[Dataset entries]
────────────────
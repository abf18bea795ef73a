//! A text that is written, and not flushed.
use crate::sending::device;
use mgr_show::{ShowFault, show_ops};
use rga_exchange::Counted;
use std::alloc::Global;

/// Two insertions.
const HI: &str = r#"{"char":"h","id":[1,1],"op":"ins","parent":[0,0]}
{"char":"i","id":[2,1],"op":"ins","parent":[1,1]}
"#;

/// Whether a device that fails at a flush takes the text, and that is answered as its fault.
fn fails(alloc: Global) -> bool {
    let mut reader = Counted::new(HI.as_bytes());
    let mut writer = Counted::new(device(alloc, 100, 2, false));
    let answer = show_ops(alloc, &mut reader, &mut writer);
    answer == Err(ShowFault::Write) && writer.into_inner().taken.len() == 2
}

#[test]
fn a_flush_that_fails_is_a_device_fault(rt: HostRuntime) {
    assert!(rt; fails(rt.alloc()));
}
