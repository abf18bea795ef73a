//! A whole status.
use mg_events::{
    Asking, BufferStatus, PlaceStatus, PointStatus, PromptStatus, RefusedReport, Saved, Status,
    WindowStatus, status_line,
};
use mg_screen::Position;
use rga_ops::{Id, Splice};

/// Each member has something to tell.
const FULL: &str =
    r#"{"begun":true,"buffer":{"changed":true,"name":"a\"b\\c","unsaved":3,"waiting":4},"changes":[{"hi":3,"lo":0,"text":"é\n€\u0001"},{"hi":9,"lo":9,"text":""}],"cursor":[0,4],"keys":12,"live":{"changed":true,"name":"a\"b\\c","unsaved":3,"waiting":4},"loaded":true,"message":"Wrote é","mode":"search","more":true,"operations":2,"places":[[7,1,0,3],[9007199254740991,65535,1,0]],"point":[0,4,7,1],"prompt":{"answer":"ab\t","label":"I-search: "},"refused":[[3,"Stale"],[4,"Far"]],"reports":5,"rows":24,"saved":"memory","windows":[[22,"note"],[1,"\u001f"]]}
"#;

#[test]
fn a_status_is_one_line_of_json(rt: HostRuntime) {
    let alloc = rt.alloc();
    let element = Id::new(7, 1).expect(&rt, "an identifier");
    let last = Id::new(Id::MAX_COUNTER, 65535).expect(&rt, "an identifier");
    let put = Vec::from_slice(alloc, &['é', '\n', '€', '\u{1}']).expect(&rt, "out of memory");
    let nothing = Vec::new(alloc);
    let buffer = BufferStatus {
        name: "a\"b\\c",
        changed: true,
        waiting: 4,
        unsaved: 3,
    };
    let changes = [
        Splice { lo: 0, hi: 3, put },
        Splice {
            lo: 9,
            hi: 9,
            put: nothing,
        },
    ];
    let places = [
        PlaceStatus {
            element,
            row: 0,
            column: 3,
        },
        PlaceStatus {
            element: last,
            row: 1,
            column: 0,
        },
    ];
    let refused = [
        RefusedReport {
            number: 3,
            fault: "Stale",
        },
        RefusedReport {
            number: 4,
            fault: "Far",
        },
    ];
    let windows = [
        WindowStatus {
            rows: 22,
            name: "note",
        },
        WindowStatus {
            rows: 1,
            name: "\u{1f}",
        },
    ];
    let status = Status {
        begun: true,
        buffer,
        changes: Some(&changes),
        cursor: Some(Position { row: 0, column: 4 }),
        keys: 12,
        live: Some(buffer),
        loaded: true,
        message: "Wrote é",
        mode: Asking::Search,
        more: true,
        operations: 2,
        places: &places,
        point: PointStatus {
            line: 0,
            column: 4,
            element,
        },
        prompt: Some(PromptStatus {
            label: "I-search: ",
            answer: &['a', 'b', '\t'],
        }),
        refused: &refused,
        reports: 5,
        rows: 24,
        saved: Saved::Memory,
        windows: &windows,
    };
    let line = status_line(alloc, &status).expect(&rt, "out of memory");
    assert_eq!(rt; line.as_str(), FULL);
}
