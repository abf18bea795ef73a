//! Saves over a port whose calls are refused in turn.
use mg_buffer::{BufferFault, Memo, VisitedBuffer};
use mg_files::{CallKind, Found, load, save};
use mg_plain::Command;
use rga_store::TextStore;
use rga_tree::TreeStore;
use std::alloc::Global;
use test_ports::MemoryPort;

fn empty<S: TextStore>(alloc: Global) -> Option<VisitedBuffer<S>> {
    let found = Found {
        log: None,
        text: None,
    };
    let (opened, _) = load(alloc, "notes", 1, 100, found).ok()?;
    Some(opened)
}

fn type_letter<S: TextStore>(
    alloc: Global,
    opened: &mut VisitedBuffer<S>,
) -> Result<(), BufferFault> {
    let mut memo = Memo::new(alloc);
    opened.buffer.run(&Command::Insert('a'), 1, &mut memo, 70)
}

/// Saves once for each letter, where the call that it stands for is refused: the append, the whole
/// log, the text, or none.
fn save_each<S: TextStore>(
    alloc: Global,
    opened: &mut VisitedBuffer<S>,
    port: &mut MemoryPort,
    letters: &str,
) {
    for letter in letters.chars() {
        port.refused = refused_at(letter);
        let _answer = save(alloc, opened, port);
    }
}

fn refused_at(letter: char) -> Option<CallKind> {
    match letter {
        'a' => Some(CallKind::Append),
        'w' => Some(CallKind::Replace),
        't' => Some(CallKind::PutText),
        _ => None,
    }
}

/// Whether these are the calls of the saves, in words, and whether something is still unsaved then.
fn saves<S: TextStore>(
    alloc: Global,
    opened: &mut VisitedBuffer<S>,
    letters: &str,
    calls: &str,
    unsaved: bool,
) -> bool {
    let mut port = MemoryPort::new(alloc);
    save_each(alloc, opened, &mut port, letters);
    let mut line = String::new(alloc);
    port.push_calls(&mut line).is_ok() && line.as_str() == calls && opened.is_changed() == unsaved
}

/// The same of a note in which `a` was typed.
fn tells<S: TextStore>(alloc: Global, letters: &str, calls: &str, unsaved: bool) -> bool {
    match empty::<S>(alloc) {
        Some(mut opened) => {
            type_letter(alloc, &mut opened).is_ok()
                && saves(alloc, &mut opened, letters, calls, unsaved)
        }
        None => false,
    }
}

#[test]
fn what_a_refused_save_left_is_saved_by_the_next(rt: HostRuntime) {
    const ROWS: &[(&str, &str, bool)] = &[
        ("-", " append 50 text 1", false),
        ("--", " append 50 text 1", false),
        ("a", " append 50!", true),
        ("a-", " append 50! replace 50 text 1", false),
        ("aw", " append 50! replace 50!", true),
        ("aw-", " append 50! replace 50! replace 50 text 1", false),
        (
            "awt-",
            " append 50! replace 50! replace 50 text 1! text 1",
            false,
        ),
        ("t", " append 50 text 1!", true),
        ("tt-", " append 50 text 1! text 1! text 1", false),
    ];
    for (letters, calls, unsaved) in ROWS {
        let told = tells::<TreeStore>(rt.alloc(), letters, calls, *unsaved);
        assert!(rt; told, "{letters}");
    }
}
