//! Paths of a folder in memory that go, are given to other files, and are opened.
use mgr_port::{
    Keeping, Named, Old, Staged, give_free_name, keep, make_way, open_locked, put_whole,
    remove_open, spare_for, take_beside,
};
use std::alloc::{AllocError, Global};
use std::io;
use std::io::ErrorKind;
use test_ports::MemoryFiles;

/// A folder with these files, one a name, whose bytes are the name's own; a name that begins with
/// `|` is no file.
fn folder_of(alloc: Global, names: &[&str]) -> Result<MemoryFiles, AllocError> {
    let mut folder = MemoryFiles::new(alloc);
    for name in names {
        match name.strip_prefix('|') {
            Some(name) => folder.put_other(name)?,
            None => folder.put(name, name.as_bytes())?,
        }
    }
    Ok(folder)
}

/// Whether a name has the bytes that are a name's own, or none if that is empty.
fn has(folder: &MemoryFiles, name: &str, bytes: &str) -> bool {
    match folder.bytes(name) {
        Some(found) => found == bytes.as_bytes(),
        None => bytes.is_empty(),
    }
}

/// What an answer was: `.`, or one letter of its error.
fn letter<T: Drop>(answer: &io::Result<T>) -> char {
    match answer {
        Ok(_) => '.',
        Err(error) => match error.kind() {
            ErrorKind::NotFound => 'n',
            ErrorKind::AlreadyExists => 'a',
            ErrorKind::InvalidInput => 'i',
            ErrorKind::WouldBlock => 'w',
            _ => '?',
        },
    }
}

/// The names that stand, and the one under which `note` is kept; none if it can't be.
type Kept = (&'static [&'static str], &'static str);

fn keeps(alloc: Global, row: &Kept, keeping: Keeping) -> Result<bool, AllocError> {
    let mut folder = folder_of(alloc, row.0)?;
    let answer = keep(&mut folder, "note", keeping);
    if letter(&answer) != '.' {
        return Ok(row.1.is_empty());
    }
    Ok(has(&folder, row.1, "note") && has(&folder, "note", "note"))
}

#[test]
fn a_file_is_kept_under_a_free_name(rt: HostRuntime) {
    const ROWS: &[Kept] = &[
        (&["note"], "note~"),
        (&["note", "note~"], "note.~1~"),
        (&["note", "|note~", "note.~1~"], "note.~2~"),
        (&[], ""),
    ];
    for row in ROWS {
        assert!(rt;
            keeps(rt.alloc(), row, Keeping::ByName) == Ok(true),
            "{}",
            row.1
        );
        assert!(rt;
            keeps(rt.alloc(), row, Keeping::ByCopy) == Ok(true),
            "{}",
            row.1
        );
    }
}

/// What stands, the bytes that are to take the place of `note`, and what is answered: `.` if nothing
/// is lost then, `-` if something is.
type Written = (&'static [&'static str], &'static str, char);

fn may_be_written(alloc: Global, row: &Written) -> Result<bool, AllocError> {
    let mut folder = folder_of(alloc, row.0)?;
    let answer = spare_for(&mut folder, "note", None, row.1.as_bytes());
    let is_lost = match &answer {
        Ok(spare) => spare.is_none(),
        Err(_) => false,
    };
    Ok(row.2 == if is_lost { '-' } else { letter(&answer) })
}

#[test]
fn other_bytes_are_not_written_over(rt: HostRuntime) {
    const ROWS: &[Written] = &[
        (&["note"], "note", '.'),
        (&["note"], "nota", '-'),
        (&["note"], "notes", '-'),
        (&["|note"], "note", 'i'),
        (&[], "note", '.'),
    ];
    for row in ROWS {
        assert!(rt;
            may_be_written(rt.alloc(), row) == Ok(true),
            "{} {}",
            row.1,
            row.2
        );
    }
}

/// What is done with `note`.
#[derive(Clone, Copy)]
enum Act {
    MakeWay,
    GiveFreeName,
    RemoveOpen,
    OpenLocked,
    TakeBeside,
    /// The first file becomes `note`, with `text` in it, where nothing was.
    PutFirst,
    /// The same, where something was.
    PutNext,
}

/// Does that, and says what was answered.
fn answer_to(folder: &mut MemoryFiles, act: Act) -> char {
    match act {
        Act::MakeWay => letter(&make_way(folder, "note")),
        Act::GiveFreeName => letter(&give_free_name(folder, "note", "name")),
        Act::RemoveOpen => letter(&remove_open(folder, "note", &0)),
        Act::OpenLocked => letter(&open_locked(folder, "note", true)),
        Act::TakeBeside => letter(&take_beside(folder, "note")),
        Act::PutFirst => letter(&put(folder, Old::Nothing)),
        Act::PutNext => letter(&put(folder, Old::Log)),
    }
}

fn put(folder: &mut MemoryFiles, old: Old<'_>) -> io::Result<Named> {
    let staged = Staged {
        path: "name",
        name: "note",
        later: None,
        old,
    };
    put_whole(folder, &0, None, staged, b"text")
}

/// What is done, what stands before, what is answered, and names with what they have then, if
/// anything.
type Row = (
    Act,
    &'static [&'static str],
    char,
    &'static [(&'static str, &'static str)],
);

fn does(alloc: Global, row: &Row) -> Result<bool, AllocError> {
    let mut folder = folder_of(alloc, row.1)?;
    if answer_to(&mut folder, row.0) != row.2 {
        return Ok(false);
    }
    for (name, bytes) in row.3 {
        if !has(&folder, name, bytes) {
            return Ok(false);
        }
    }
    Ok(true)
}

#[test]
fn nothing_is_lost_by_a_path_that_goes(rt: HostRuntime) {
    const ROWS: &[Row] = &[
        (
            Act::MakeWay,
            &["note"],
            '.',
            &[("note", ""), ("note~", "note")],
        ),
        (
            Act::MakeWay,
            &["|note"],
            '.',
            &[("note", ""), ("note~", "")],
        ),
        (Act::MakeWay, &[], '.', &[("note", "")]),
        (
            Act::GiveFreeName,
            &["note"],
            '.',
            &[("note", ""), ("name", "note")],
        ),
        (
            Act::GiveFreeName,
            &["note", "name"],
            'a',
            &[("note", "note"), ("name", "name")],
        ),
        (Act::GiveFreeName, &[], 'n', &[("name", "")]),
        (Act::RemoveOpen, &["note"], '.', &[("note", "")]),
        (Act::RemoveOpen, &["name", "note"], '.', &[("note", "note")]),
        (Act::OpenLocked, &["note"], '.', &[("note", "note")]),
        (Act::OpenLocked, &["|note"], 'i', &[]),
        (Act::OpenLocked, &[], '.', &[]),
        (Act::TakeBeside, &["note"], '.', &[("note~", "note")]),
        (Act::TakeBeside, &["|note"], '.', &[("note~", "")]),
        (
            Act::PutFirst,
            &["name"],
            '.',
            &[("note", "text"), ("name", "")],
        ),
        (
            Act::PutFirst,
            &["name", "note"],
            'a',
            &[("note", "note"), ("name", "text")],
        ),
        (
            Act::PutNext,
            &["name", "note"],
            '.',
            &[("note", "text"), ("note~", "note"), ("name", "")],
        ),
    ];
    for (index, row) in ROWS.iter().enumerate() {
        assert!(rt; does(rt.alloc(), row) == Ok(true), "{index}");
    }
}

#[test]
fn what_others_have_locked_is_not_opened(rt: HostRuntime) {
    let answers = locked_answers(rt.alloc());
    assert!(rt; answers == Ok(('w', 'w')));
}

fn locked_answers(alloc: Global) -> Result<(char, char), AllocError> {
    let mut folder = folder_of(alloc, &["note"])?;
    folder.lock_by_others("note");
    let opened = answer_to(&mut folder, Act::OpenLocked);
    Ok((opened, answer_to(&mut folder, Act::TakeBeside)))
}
────────────────
Required work =
Go through the records line by line, and copy each line that holds the string "mode".

Solution to the exercise =
    r#"{"begun":true,"buffer":{"changed":true,"name":"a\"b\\c","unsaved":3,"waiting":4},"changes":[{"hi":3,"lo":0,"text":"é\n€\u0001"},{"hi":9,"lo":9,"text":""}],"cursor":[0,4],"keys":12,"live":{"changed":true,"name":"a\"b\\c","unsaved":3,"waiting":4},"loaded":true,"message":"Wrote é","mode":"search","more":true,"operations":2,"places":[[7,1,0,3],[9007199254740991,65535,1,0]],"point":[0,4,7,1],"prompt":{"answer":"ab\t","label":"I-search: "},"refused":[[3,"Stale"],[4,"Far"]],"reports":5,"rows":24,"saved":"memory","windows":[[22,"note"],[1,"\u001f"]]}
        mode: Asking::Search,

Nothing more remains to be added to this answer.